• WHAT TO WORK ON: Present each line of the entries below that holds the word "take".

• EXTRACTED MATERIAL:
Content starts

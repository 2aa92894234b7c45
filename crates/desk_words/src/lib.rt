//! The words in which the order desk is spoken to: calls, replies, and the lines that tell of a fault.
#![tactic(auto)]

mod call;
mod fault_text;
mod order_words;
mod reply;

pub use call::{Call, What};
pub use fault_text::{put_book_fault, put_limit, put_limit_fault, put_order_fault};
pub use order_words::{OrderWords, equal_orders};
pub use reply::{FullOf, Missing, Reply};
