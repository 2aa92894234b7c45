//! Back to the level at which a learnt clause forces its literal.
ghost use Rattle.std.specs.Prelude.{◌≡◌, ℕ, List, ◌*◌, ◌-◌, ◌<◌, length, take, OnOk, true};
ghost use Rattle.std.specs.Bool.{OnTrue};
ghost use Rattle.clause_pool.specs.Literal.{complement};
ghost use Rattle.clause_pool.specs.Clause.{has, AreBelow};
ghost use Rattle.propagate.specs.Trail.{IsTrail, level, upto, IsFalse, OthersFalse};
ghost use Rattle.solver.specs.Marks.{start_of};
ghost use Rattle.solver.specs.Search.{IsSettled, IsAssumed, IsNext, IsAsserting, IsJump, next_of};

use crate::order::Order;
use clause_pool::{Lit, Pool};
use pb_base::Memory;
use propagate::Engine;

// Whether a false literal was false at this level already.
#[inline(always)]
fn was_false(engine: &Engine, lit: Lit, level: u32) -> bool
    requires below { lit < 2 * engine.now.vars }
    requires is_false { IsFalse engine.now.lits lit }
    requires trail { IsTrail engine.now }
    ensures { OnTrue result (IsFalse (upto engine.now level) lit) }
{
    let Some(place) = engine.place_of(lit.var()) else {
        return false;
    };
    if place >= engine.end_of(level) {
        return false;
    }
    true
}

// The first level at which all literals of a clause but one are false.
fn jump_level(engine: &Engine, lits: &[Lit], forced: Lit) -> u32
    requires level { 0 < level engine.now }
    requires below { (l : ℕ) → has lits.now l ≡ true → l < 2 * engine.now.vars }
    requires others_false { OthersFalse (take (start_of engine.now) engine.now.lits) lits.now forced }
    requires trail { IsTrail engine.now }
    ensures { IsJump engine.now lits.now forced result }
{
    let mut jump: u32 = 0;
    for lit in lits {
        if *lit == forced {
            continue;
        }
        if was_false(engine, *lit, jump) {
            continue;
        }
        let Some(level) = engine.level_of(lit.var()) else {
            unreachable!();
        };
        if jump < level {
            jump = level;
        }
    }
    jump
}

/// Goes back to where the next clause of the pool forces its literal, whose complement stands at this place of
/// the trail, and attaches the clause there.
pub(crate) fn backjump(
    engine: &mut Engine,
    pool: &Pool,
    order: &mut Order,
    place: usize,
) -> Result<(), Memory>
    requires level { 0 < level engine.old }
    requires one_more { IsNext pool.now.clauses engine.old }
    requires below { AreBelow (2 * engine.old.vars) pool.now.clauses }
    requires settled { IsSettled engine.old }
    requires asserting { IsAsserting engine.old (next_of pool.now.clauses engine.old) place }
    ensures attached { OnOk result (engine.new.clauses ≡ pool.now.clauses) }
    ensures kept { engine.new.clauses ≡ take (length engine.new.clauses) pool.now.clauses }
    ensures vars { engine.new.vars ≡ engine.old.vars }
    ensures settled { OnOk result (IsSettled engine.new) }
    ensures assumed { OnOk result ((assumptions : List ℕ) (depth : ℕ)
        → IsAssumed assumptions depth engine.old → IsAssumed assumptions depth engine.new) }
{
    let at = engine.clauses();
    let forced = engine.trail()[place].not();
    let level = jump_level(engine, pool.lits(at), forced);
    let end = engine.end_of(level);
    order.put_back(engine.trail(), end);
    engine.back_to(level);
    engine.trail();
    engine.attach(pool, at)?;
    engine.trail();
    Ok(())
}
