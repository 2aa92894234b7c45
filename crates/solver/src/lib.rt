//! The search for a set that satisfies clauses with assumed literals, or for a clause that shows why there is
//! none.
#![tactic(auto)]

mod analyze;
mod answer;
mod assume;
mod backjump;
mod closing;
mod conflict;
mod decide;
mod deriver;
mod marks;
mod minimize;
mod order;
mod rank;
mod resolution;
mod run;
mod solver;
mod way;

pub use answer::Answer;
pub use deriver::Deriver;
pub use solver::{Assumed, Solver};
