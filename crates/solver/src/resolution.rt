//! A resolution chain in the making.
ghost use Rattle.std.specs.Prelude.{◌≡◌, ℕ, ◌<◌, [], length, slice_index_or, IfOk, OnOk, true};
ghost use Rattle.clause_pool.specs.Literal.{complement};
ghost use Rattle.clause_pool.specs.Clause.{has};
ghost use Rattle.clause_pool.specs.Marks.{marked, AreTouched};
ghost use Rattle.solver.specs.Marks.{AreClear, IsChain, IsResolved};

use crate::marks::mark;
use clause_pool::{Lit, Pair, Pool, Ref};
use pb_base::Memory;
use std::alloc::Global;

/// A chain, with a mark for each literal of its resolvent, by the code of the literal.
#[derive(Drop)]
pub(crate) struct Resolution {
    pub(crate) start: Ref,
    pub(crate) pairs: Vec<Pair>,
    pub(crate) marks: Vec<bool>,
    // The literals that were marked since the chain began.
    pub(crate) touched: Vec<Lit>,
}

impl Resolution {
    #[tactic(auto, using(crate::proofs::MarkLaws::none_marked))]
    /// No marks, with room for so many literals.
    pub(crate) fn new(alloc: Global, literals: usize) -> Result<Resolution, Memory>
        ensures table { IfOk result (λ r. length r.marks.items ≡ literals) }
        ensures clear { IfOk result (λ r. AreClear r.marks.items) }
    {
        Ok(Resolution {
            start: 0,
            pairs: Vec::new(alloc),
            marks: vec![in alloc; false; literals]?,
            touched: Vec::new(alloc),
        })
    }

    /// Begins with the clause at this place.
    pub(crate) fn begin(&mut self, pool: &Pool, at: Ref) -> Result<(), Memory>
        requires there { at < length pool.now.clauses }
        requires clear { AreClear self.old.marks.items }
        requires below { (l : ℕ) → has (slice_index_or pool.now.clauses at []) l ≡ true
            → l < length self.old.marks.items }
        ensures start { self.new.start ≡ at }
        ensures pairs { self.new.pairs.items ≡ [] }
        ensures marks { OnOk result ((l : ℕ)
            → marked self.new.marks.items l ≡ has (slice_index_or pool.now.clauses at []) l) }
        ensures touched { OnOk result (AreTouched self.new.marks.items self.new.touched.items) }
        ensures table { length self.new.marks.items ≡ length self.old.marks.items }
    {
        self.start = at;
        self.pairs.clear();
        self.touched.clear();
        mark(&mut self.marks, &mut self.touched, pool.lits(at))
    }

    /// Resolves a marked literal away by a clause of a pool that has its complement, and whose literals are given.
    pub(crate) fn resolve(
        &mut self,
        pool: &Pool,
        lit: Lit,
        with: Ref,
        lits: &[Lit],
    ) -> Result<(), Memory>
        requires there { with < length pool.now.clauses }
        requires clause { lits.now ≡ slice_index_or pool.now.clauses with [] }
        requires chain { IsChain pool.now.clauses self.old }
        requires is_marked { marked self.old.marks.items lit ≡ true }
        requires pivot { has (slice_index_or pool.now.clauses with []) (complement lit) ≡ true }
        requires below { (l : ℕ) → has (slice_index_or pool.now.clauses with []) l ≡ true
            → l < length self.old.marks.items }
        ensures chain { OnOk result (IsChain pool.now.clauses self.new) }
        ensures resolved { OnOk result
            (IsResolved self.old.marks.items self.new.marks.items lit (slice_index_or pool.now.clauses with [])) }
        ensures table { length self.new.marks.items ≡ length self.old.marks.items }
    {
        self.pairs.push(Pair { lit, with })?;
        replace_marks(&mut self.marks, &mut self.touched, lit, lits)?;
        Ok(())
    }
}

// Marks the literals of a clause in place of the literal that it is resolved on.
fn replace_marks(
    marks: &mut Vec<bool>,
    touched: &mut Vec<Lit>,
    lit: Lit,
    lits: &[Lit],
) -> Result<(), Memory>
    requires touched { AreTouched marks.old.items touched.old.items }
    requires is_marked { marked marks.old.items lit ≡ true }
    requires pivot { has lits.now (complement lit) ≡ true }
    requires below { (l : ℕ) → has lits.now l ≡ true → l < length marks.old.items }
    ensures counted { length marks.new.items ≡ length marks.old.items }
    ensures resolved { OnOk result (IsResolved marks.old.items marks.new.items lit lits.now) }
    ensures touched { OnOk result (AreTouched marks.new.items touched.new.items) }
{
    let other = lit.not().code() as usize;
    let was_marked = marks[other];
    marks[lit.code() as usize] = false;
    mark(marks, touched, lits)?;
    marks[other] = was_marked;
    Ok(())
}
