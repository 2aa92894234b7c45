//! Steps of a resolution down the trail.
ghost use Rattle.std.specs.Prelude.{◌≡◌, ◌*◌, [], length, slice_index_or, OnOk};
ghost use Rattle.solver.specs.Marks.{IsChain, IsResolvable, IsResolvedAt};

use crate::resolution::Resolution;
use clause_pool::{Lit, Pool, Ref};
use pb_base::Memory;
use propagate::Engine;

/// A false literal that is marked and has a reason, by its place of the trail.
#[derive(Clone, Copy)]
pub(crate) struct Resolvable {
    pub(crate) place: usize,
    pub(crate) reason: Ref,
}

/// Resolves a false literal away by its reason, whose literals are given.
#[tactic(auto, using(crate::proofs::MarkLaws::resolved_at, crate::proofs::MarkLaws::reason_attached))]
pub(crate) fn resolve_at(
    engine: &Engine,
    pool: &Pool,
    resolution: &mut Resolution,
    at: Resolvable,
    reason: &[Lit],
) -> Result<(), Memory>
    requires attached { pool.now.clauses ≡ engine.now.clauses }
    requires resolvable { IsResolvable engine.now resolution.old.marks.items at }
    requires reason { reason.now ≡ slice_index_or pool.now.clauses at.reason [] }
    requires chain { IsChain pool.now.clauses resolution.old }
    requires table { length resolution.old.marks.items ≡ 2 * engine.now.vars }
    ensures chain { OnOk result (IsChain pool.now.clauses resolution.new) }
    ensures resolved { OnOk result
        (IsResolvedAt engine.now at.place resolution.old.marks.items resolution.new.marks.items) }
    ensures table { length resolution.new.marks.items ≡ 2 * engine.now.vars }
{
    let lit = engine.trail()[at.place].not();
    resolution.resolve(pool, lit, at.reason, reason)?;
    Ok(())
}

Content ends

• EXPECTED OUTPUT:
ghost use Rattle.std.specs.Prelude.{◌≡◌, ℕ, List, ◌*◌, ◌-◌, ◌<◌, length, take, OnOk, true};
    requires others_false { OthersFalse (take (start_of engine.now) engine.now.lits) lits.now forced }
    ensures kept { engine.new.clauses ≡ take (length engine.new.clauses) pool.now.clauses }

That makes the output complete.